# tiny little red spots round babies mouth



## angelmummy

hi my 10 month old seems to get tiny little red spots dotted around his mouth. they seem to come and go. does anyone elses little ones have this. i wondered if they were caused by his dribbling when teething or whether it was something he is eating although they come and go whatever i give him.

any ideas??


----------



## OmarsMum

Omar had them when I used Milton tablets to sterilize his bottles when we were on vacation. He also get them when I give him fruits that r a bit sour like pineapples & orange. They come & go. It's mild skin irritation.

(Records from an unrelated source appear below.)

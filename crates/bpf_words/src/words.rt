ghost use Rattle.std.specs.Prelude.{◌≡◌, ℕ, ◌<◌, ◌≤◌, ◌*◌, ◌/◌, ◌+◌, List, false, length, MatchResult, IfOk, OnOk};
ghost use Rattle.std.specs.Prelude.{IfErr, IfSome, slice_get};
ghost use Rattle.bpf_words.specs.Slots.{slot_at};
ghost use Rattle.bpf_words.specs.Encoding.{encoded, IsInsn};
ghost use Rattle.bpf_words.specs.RoundTrip.{StandsAt, AllStand};
ghost use Rattle.bpf_words.specs.Words.{IsProgram, IsRefused, next_slot, fault_at, is_second, read_at, program_of};
ghost use Rattle.bpf_words.specs.Faults.{first_fault_at};

use crate::fields::{Fields, fields_at};
use crate::instruction::Insn;
use crate::opcode::Opcode;
use crate::reading::read;
use crate::refusal::{SlotFault, WordError};
use byteorder::{ByteOrder, LittleEndian};
use std::alloc::{AllocError, Global};
use std::marker::Model;

/// How many bytes a program may have: 4,096 slots of 8.
const BYTES_LIMIT: usize = 32768;

/// The bytes of a program, each slot of which is an instruction or the second of a wide load.
#[derive(Drop)]
pub struct Words<'a> {
    bytes: &'a [u8],
}

impl<'a> Model for Words<'a> {
    ghost Value = { List ℕ };

    ghost view = { λ w. w.bytes.now };

    ghost invariant = { λ w. IsProgram w.bytes.now × AllStand w.bytes.now (length w.bytes.now / 8) };
}

/// A slot as one number.
fn number_at(bytes: &[u8], index: usize) -> u64
    requires { 8 * index + 8 ≤ length bytes.now }
    ensures { result ≡ slot_at bytes.now index }
{
    LittleEndian::read_u64(&bytes[8 * index..8 * index + 8])
}

fn slot_after(bytes: &[u8], index: usize) -> Option<u64>
    requires { index < length bytes.now / 8 }
    ensures { result ≡ next_slot bytes.now (index + 1) }
{
    if index + 1 < bytes.len() / 8 {
        Some(number_at(bytes, index + 1))
    } else {
        None
    }
}

#[tactic(auto, unfolding(crate::specs::Words::read_at))]
fn read_slot(bytes: &[u8], index: usize) -> Result<Insn, SlotFault>
    requires { index < length bytes.now / 8 }
    ensures value { result ≡ read_at bytes.now index }
    ensures bytes { IfOk result (λ insn. StandsAt bytes.now (8 * index) (encoded insn)) }
    ensures valid { IfOk result IsInsn }
{
    let next = slot_after(bytes, index);
    let fields = fields_at(bytes, index);
    read(Opcode::new(fields.opcode), &fields, next)
}

/// Looks at the length first, and then at one slot after the other.
#[tactic(auto, using(crate::proofs::Sound::stepping, crate::proofs::Standing::standing))]
fn check(bytes: &[u8]) -> Result<(), WordError>
    ensures answer { MatchResult result (λ ok. IsProgram bytes.now) (IsRefused bytes.now) }
    ensures stand { OnOk result (AllStand bytes.now (length bytes.now / 8)) }
{
    if bytes.is_empty() {
        return Err(WordError::Empty);
    }
    if bytes.len() > BYTES_LIMIT {
        return Err(WordError::TooLong);
    }
    if bytes.len() % 8 != 0 {
        return Err(WordError::LengthNotEight);
    }
    let mut second = false;
    for slot in 0..bytes.len() / 8 {
        if second {
            second = false;
        } else {
            match read_slot(bytes, slot) {
                Ok(Insn::LoadWide { .. }) => second = true,
                Ok(_) => {}
                Err(fault) => return Err(WordError::Slot { slot, fault }),
            }
        }
    }
    Ok(())
}

impl<'a> Words<'a> {
    /// Lends the bytes of a program: 1 to 4,096 slots, each an instruction or the second of a wide load. Else the first
    /// fault, with its slot where it is one slot's (RFC 9669, sections 3 to 5).
    #[tactic(auto, using(crate::proofs::Refused::refusals, crate::proofs::Faults::orders))]
    pub fn new(bytes: &'a [u8]) -> Result<Words<'a>, WordError>
        ensures value { MatchResult result (λ words. (words ≡ bytes.now) × IsProgram bytes.now) (IsRefused bytes.now) }
        ensures first { IfErr result (λ error. (other : WordError) → IsRefused bytes.now other → other ≡ error) }
        ensures program { (error : WordError) → IsRefused bytes.now error → IsProgram bytes.now → ⊥ }
        ensures order { (slot : ℕ) → is_second bytes.now slot ≡ false
            → fault_at bytes.now slot ≡ first_fault_at bytes.now slot }
    {
        check(bytes)?;
        Ok(Words { bytes })
    }

    /// The number of slots, 1 to 4,096; a wide load counts as two.
    #[tactic(auto, using(crate::proofs::Second::entries))]
    pub fn len(&self) -> usize
        ensures value { result ≡ length (program_of self.now) }
        ensures some { 0 < result }
        ensures few { result ≤ 4096 }
        ensures sound { IsProgram self.now }
        ensures stand { AllStand self.now (length self.now / 8) }
    {
        self.bytes.len() / 8
    }

    /// The instruction of a slot, or `None` at the second slot of a wide load. Its bytes are what `encode` gives.
    #[tactic(auto, using(crate::proofs::Second::entries))]
    pub fn insn(&self, index: usize) -> Option<Insn>
        requires { index < length (program_of self.now) }
        ensures value { slice_get (program_of self.now) index ≡ Some result }
        ensures bytes { IfSome result (λ insn. StandsAt self.now (8 * index) (encoded insn)) }
    {
        match read_slot(self.bytes, index) {
            Ok(insn) => Some(insn),
            // The opcode byte of a second slot is 0, which names no instruction.
            Err(_) => None,
        }
    }

    /// Lends the bytes of what is known to be a program, and looks at none of them.
    pub fn of_program(bytes: &'a [u8]) -> Words<'a>
        requires program { IsProgram bytes.now }
        requires stand { AllStand bytes.now (length bytes.now / 8) }
        ensures { result ≡ bytes.now }
    {
        Words { bytes }
    }

    /// A copy of the bytes.
    pub fn copy(&self, alloc: Global) -> Result<Vec<u8>, AllocError>
        ensures value { IfOk result (λ bytes. bytes.items ≡ self.now) }
        ensures sound { IsProgram self.now }
        ensures stand { AllStand self.now (length self.now / 8) }
    {
        self.bytes.to_vec(alloc)
    }
}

According to Omar's Dr, they'r common in babies with sensitive skin. xx


----------



## ellie

My LO gets this a lot at the moment, I was going to ask the same thing :)
it seems worse after eating and if he's really tired, and better in the morning and after a wash. I've tried to keep the area clean of dribble, food etc, and put a tiny bit of cream on it as it feels rough and dry as well. 
Makes sense that it is skin irritation, it doesnt seem to bother him though.


----------



## OmarsMum

ellie said:


> My LO gets this a lot at the moment, I was going to ask the same thing :)
> it seems worse after eating and if he's really tired, and better in the morning and after a wash. I've tried to keep the area clean of dribble, food etc, and put a tiny bit of cream on it as it feels rough and dry as well.
> Makes sense that it is skin irritation, it doesnt seem to bother him though.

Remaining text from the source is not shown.